Yes, but the reality is that if you have Cloud (as computation) at all, 
then your own govt. is going to have laws to access that which is in 
it's own jurisdiction. That's all I meant. (and it is stuff in principle 
subject to the rule of law in that country)

>> ...If they do it, they are breaking the law (ECHR)
> So the benefit of a euro-cloud would be that it'd maybe (yes, Belgacom
> will be mighty interesting) de-motiviate other EU govts from surveilling
> EU citizens via data in that cloud.

For purely political purposes yes (they will still do it, but it will be 
illegal beyond a narrow meaning of "national security", not the carte 
blanche for foreign spying in FISA def,. of FII)

> Isn't that making the same error
> that your document rightly says the US are making in considering only
> the rights of US citizens?

No, because in Europe, rights apply irrespective of nationality (yes, it 
even protects Americans in America who might send their data to Europe)

> So fwiw, I'm not at all keen on that recommendation.
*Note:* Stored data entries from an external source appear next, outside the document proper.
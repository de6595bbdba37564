//! A source in memory.
ghost use Rattle.std.specs.Prelude.{
  ◌≡◌,
  ◌<◌,
  ◌≤◌,
  ◌↔◌,
  ◌+◌,
  ◌++◌,
  [],
  Some,
  Ok,
  length,
  take,
  min,
  IfOk,
  OnOk,
  OnErr,
  IsErr,
  Contains,
};
ghost use Rattle.pc_edges.specs.Faults.{Rose, raised};

use crate::calls::Calls;
use crate::{Failed, Source};
use std::alloc::{AllocError, Global};
use std::marker::Model;

/// A source of bytes in memory, for tests: it gives small pieces, and fails at the pulls that you choose.
///
/// Contracts see it as a `Supply`, with its bytes.
#[derive(Drop)]
pub struct MemSource {
    bytes: Vec<u8>,
    at: usize,
    piece: usize,
    pulls: Calls,
}

impl Model for MemSource {
    ghost use Rattle.pc_edges.specs.inside.Supply.{Supply};

    ghost Value = { Supply };

    ghost use Rattle.pc_edges.specs.inside.MemSource.{supply_of, IsSupplied};

    ghost view = { supply_of };

    ghost invariant = { IsSupplied };
}

impl MemSource {
    /// Returns a source of a copy of `bytes`.
    ///
    /// A pull gives at most `piece` bytes. The k-th pull on a buffer that is not empty, counted from 1, fails if k is
    /// in `failing`.
    ///
    /// # Errors
    ///
    /// `AllocError` if there is no memory for the copies of `bytes` and `failing`.
    pub fn new(
        alloc: Global,
        bytes: &[u8],
        piece: usize,
        failing: &[u64],
    ) -> Result<MemSource, AllocError>
        requires { 1 ≤ piece }
        ensures { IfOk result (λ source. source ≡ record {
          left = bytes.now;
          piece = piece;
          failing = failing.now;
          pulls = 0;
          faults = 0;
        }) }
    {
        Ok(MemSource {
            bytes: Vec::from_slice(alloc, bytes)?,
            at: 0,
            piece,
            pulls: Calls::new(alloc, failing)?,
        })
    }
}

impl Source for MemSource {
    ghost left = { λ source. Some source.left };

    ghost faults = { λ source. source.faults };

    ghost pulls = { λ source. Some source.pulls };

    fn pull(&mut self, buf: &mut [u8]) -> Result<usize, Failed>
        ensures fits { IfOk result (λ n. n ≤ length buf.old) }
        ensures bytes { IfOk result (λ n. self.old.left ≡ take n buf.new ++ self.new.left) }
        ensures end { IfOk result (λ n. n ≡ 0 → 0 < length buf.old → self.new.left ≡ []) }
        ensures empty { length buf.old ≡ 0 → (result ≡ Ok 0) × (self.new ≡ self.old) }
        ensures no_fault { OnOk result (self.new.faults ≡ self.old.faults) }
        ensures failed { OnErr result (Rose self.old.faults self.new.faults) }
        ensures kept { OnErr result (self.new.left ≡ self.old.left) }
        ensures count { self.old.faults ≤ self.new.faults }
        ensures pulled { self.new.pulls ≤ self.old.pulls + 1 }

        // which pulls fail, how much the others give, and what is counted
        ensures fails { IsErr result ↔ (0 < length buf.old) × Contains self.old.failing (raised self.old.pulls) }
        ensures given { IfOk result (λ n. n ≡ min (length buf.old) (min self.old.piece (length self.old.left))) }
        ensures counted { 0 < length buf.old → self.new ≡ record self.old {
          left = self.new.left;
          pulls = raised self.old.pulls;
          faults = self.new.faults;
        } }
        ensures risen { OnErr result (self.new.faults ≡ raised self.old.faults) }
    {
        if buf.is_empty() {
            return Ok(0);
        }
        if self.pulls.count_one() {
            return Err(self.pulls.fail());
        }
        let n = buf.len().min(self.piece).min(self.bytes.len() - self.at);
        buf[..n].copy_from_slice(&self.bytes[self.at..self.at + n]);
        self.at += n;
        Ok(n)
    }
}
Note that I only
> mean I disagree with the recommendation for this purpose, there are
> probably lots of other good reasons why locally provided services are
> a good thing. (Actually, I'd like this to go towards its logical
> conclusion that everyone have their own server box in their home,

I agree. But elastic scalable massively parallel computation cannot be 
disinvented (maybe it should be cos such centralization is always 
dangerous), and there will be a demand for that

> So while I don't know much about what makes good legislation, I do 
> know that the reality of making widely-deployed Internet protocols 
> more privacy friendly is that such work is most likely to be 
> formalised here in the IETF if at all. 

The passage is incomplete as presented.